Collected data entries:
BEGIN

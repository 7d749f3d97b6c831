// The walk over the bytes that a request read, descriptor by descriptor (USB 2.0, 9.5 and 9.6), and what is taken of each.
ghost use Rattle.std.specs.Prelude.{◌≡◌, ◌≤◌, ◌<◌};
ghost use Rattle.descriptors.specs.Whole.{whole};
ghost use Rattle.descriptors.specs.Entries.{is_of, named, first_of, max_of, value_of, setting_after, gives_entry};
ghost use Rattle.descriptors.specs.Steps.{whole_at, step_at};

// The interface and alternate setting that endpoint descriptors belong to.
#[derive(Clone, Copy)]
pub struct Setting {
    pub interface: u8,
    pub alternate: u8,
}

// A whole descriptor: the setting of the entry that it gives, if it gives one, where it ends, and the setting behind it, once there is one.
#[derive(Clone, Copy)]
pub struct Step {
    pub gives: Option<Setting>,
    pub end: usize,
    pub setting: Option<Setting>,
}

// Types of descriptors (table 9-5).
const DEVICE: u8 = 1;

const CONFIGURATION: u8 = 2;

const INTERFACE: u8 = 4;

const ENDPOINT: u8 = 5;

// The shortest descriptor: its length and its type.
const SHORTEST: usize = 2;

// How long the whole descriptor at a place is, where there is one.
pub fn whole_at(payload: &[u8], at: usize) -> Option<usize>
    ensures { result ≡ whole_at payload.now at }
{
    let len = usize::from(*payload.get(at)?);
    if len < SHORTEST || payload.len() - at < len {
        return None;
    }
    Some(len)
}

fn is_of(d: &[u8], kind: u8, least: usize) -> bool
    requires { 2 ≤ least }
    ensures { result ≡ is_of kind least d.now }
{
    least <= d.len() && d[1] == kind
}

fn setting_after(d: &[u8], s: Option<Setting>) -> Option<Setting>
    ensures { result ≡ setting_after d.now s }
{
    if is_of(d, INTERFACE, 9) {
        Some(Setting {
            interface: d[2],
            alternate: d[3],
        })
    } else {
        s
    }
}

// Numbers 1 to 15 have a descriptor, and bits 6..4 are 0.
fn is_named(address: u8) -> bool
    ensures { result ≡ named address }
{
    matches!(address % 128, 1..=15)
}

fn gives_entry(d: &[u8], s: Option<Setting>) -> Option<Setting>
    ensures { result ≡ gives_entry d.now s }
{
    if is_of(d, ENDPOINT, 7) && is_named(d[2]) {
        s
    } else {
        None
    }
}

// One step of the walk.
pub fn read_step(payload: &[u8], at: usize, s: Option<Setting>) -> Option<Step>
    ensures { result ≡ step_at payload.now at s }
{
    let len = whole_at(payload, at)?;
    let end = at + len;
    let d = &payload[at..end];
    Some(Step {
        gives: gives_entry(d, s),
        end,
        setting: setting_after(d, s),
    })
}

// A byte of the first descriptor, if that is of this type.
fn first_of(payload: &[u8], kind: u8, least: usize, place: usize) -> Option<u8>
    requires le_least { 2 ≤ least }
    requires place_lt_least { place < least }
    ensures { result ≡ first_of kind least place (whole payload.now) }
{
    let len = whole_at(payload, 0)?;
    let d = &payload[..len];
    if is_of(d, kind, least) {
        Some(d[place])
    } else {
        None
    }
}

// The max of endpoint 0, by a device read.
pub fn read_max(payload: &[u8]) -> Option<u8>
    ensures { result ≡ max_of payload.now }
{
    first_of(payload, DEVICE, 18, 7)
}

// The value of the configuration that was read.
pub fn read_value(payload: &[u8]) -> Option<u8>
    ensures { result ≡ value_of payload.now }
{
    first_of(payload, CONFIGURATION, 9, 5)
}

END

* [Required work]:
Find the word "bool" in the entries and show each line where it is found.

* [Response]:
fn is_of(d: &[u8], kind: u8, least: usize) -> bool
fn is_named(address: u8) -> bool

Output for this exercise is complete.